DETECCION Y DIFERENCIACION DE ENTAMOEBA HISTOLYTICA / ENTAMOEBA DISPAR MEDIANTE REACCION EN CADENA DE LA POLIMERASA (PCR) USANDO DNA EXTRAIDO DE QUISTES PRESENTES EN MUESTRAS DE HECES FECALES HUMANAS

Abstract

Está establecido que existen dos especies distintas de amebas que originalmente fueron conocidas como Entamoeba Histolytica. Ellas son E. dispar (forma no patogénica) y E. histolytica (forma patogénica). La diferencia entre estos dos organismos es de gran importancia clínica desde que son morfológicamente indistinguibles. El diagnóstico diferencial de estas dos especies es esencial para la decisión del tratamiento y la salud pública. Se puede usar un método rápido de extracción de DNA directamente de especímenes suspendidos en formalina éter. La extracción de ADN fue usada para la identificación de las especies existentes en las herramientas por reacción de cadena polimerasa (PCR). Un total de 75 muestras recolectadas aleatoriamente fueron analizadas. Despues de la confirmación por PCR: 7/75 muestras resultaron positivas para E. histolytica, 60/75 muestras resultaron positivas para E. dispar y 8/75 resultaron negativas porque no amplificaron, pudiendo tratarse de otras amebas como E. hartmani. E. iodoamoeba, E. coli, etc. Con estos resultados podemos darnos cuenta de la magnitud de falsos positivos que se generan con los exámenes microscópicos. Estas observaciones implican que el uso del DNA extraído directamente a partir de concentración de quistes para amplificación por PCR, es una herramienta útil para obtener un diagnóstico sensitivo y preciso que puede ser aplicado incluso en epidemiología.
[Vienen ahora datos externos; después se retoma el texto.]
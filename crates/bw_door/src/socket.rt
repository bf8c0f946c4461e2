//! The stream of a client, and what changes of it are told under.
ghost use Rattle.std.specs.Prelude.{◌≡◌};

use mio::net::TcpStream;
use mio::{Interest, Registry, Token};

/// How many places there may be. A token is the place of a client, and so many times a number that it has alone.
const PLACES: usize = 65_536;

/// The place that a token names.
pub(crate) fn place_of(token: usize) -> usize {
    token % PLACES
}

/// The token of a place and a number.
pub(crate) fn token_of(number: usize, place: usize) -> usize {
    number.wrapping_mul(PLACES).wrapping_add(place)
}

/// Whether bytes may be read, and if asked for whether bytes may be written.
fn interest_in(writes: bool) -> Interest {
    if writes {
        Interest::READABLE | Interest::WRITABLE
    } else {
        Interest::READABLE
    }
}

/// One of whose stream changes may be told.
pub(crate) trait Told {
    /// Whether changes of its stream are told under this token.
    fn is_told_as(&self, token: usize) -> bool;
}

/// The stream of a client.
#[derive(Drop)]
pub(crate) struct Socket<S> {
    pub(crate) stream: S,

    /// What changes of the stream are told under, if they are.
    token: Option<usize>,

    /// It is told as well when bytes may be written.
    writes: bool,
}

impl<S> Socket<S> {
    /// A stream of which no changes are told.
    pub(crate) fn new(stream: S) -> Self
        ensures { result.stream ≡ stream }
    {
        Socket {
            stream,
            token: None,
            writes: false,
        }
    }

    /// The number in its token: the later the stream was first waited for, the greater.
    pub(crate) fn number(&self) -> usize {
        match self.token {
            Some(token) => token / PLACES,
            None => 0,
        }
    }

    /// Whether changes are told.
    pub(crate) fn is_told(&self) -> bool {
        self.token.is_some()
    }

    /// Whether changes are told under this token.
    pub(crate) fn is_told_as(&self, token: usize) -> bool {
        self.token == Some(token)
    }
}

impl Socket<TcpStream> {
    /// It is told from now on when bytes may be read, and if asked for when bytes may be written, under a token of the same
    /// place as this one. It says whether it is.
    pub(crate) fn watch(&mut self, registry: &Registry, token: usize, writes: bool) -> bool
        ensures { self.new.stream ≡ self.old.stream }
    {
        let interest = interest_in(writes);
        let told = match self.token {
            Some(known) if place_of(known) == place_of(token) && (self.writes || !writes) =>
                return true,
            Some(_) => registry.reregister(&mut self.stream, Token(token), interest),
            None => registry.register(&mut self.stream, Token(token), interest),
        };
        if told.is_err() {
            return false;
        }
        self.token = Some(token);
        self.writes = writes;
        true
    }
}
It has been established that two distinct species exist within what was originally known as Entamoeba histolytica. These are E. dispar (nonpathogenic form) and E. histolytica (pathogenic form). Differentiation of these two organisms is of great clinical importance since they are morphologically indistinguishable. Differential diagnosis of this two species is essential for treatment decision and public health knowledge. A simple and rapid DNA-extraction method that can be used directly on formalin-ether stool specimens. The extracted DNA was used for the identification of the species existing in the stools by polymerase chain reaction (PCR). A total of 75 randomly collected stool sample were analyzed. The samples analyzed by microscopic were 75, after confirmation by PCR: 7/75 samples resulting positive for E. histolytica, 60/75 samples resulting positive for E. dispar and 8/75 resulting negative because didn't amplify be able to be other amoebas like E. hartmani, E. iodoamoeba, E. coli, etc. With these results we can realize the magnitude of false positive that are generated with the microscopic exams. These observations imply that the use of the DNA extracted directly of the concentrate of cysts for PCR amplification is a useful tool for obtaining a sensitive and accurate diagnosis that can be applied even in epidemiology.